Li Yujie, Chen Jiahui, Ma Jiaxin, Wang Xiwen, Zhang Wei
School of Artificial Intelligence, Guilin University of Electronic Technology, Guilin 541004, China.
Guangxi Colleges and Universities Key Laboratory of AI Algorithm Engineering, Guilin 541004, China.
Sensors (Basel). 2023 Jul 7;23(13):6226. doi: 10.3390/s23136226.
The direction of human gaze is an important indicator of human behavior, reflecting the level of attention and cognitive state towards various visual stimuli in the environment. Convolutional neural networks have achieved good performance in gaze estimation tasks, but their global modeling capability is limited, making it difficult to further improve prediction performance. In recent years, transformer models have been introduced for gaze estimation and have achieved state-of-the-art performance. However, their slicing-and-mapping mechanism for processing local image patches can compromise local spatial information. Moreover, the single down-sampling rate and fixed-size tokens are not suitable for multiscale feature learning in gaze estimation tasks. To overcome these limitations, this study introduces a Swin Transformer for gaze estimation and designs two network architectures: a pure Swin Transformer gaze estimation model (SwinT-GE) and a hybrid gaze estimation model that combines convolutional structures with SwinT-GE (Res-Swin-GE).
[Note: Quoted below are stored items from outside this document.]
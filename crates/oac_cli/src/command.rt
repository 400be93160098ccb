//! What a word of the command line asks for.

ghost use Rattle.std.specs.Prelude.{◌≡◌};
ghost use Rattle.oac_cli.specs.Commands.{request_of};

use line_words::words::name;

/// What the program is asked for.
#[derive(Clone, Copy)]
pub enum Request {
    Help,
    Version,
    /// The header of a document, by the name that the word is.
    Header,
}

/// What a word asks for, if it asks for something.
pub fn request_of(word: &[u8]) -> Option<Request>
    ensures { result ≡ request_of word.now }
{
    if word == b"--help".as_slice() {
        Some(Request::Help)
    } else if word == b"--version".as_slice() {
        Some(Request::Version)
    } else if name(word) {
        Some(Request::Header)
    } else {
        None
    }
}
SwinT-GE uses the tiny version of the Swin Transformer for gaze estimation. Res-Swin-GE replaces the slicing-and-mapping mechanism of SwinT-GE with convolutional structures. Experimental results demonstrate that Res-Swin-GE significantly outperforms SwinT-GE, exhibiting strong competitiveness on the MpiiFaceGaze dataset and achieving a 7.5% performance improvement over existing state-of-the-art methods on the Eyediap dataset.
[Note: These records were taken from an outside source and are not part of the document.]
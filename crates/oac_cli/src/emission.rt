//! The header of a text.

ghost use Rattle.std.specs.Prelude.{◌≡◌, ◌<◌, length, IfOk};
ghost use Rattle.norm_lang.specs.KindFields.{fields_of};
ghost use Rattle.oac_cli.specs.Emitted.{stride_of, strides_of, claims_of, emitted};

use c_printer::header::{Lines, header};
use c_runtime::claim::claim;
use norm_lang::fields::count_of;
use norm_lang::list::Listed;
use norm_lang::text::{ByteText, Text};
use std::alloc::{AllocError, Global};

/// How many words there are from one node to the next, by how many fields a node has: a power of two, so that nodes of up to four fields don't
/// cross a line of the cache.
fn stride_of(fields: usize) -> u64
    ensures { result ≡ stride_of fields }
{
    if fields <= 1 {
        1
    } else if fields <= 2 {
        2
    } else {
        4
    }
}

/// The strides of a text's kinds.
#[tactic(auto, using(crate::proofs::Counting::counted_all, crate::proofs::Counting::counted_done))]
fn strides_of(alloc: Global, text: &Text) -> Result<Vec<u64>, AllocError>
    requires few { length text.now.kinds < 256 }
    ensures { IfOk result (λ strides. strides.items ≡ strides_of text.now) }
{
    let mut strides = Vec::new(alloc);
    for kind in 0..text.kinds.items().len() {
        strides.push(stride_of(count_of(text.fields.items(), kind as u8)))?;
    }
    Ok(strides)
}

/// The claims of so many kinds, one of each.
#[tactic(auto, using(crate::proofs::Counting::counted_all, crate::proofs::Counting::counted_done))]
fn claims_of(alloc: Global, kinds: u32) -> Result<Vec<Lines>, AllocError>
    ensures { IfOk result (λ claims. claims.items ≡ claims_of kinds) }
{
    let mut claims = Vec::new(alloc);
    for kind in 0..kinds {
        let lines = claim(alloc, kind, kinds)?;
        claims.push(Listed::from_vec(lines))?;
    }
    Ok(claims)
}

/// The header of a text, by a name.
///
/// # Errors
/// Memory ran out.
pub fn emit(alloc: Global, name: &[u8], text: &Text) -> Result<ByteText, AllocError>
    requires few { length text.now.kinds < 256 }
    ensures { IfOk result (λ spelling. spelling ≡ emitted name.now text.now) }
{
    let strides = strides_of(alloc, text)?;
    let claims = claims_of(alloc, text.kinds.items().len() as u32)?;
    header(
        alloc,
        name,
        &strides,
        text.roots.items(),
        text.nodes.items(),
        &claims,
        &[],
    )
}
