//! That what is emitted is read back, and that its places are elements of arrays.

ghost use Rattle.oac_cli.specs.Emitted.{EmittedReadsBack, EmittedPlacesStandApart};

/// The bytes of an emitted header say the claims of the text's kinds, line by line.
pub fn emitted_reads_back()
    ensures { EmittedReadsBack }
{}

/// In each pool for the text the printed places are elements inside their arrays, of which no two words share one.
pub fn emitted_places_stand_apart()
    ensures { EmittedPlacesStandApart }
{}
人类注视方向是人类行为的一个重要指标,反映了对环境中各种视觉刺激的关注程度和认知状态。卷积神经网络在注视估计任务中取得了良好的性能,但其全局建模能力有限,难以进一步提高预测性能。近年来,Transformer模型被引入到注视估计中,并取得了最优性能。然而,其处理局部图像块的切片映射机制可能会损害局部空间信息。此外,单一的下采样率和固定大小的令牌不适合注视估计任务中的多尺度特征学习。为了克服这些限制,本研究引入了一种用于注视估计的Swin Transformer,并设计了两种网络架构:一种纯Swin Transformer注视估计模型(SwinT-GE)和一种将卷积结构与SwinT-GE相结合的混合注视估计模型(Res-Swin-GE)。SwinT-GE使用Swin Transformer的微小版本进行注视估计。Res-Swin-GE用卷积结构取代了SwinT-GE的切片映射机制。实验结果表明,Res-Swin-GE显著优于SwinT-GE,在MpiiFaceGaze数据集上表现出强大的竞争力,并且在Eyediap数据集上比现有最优方法性能提高了7.5%。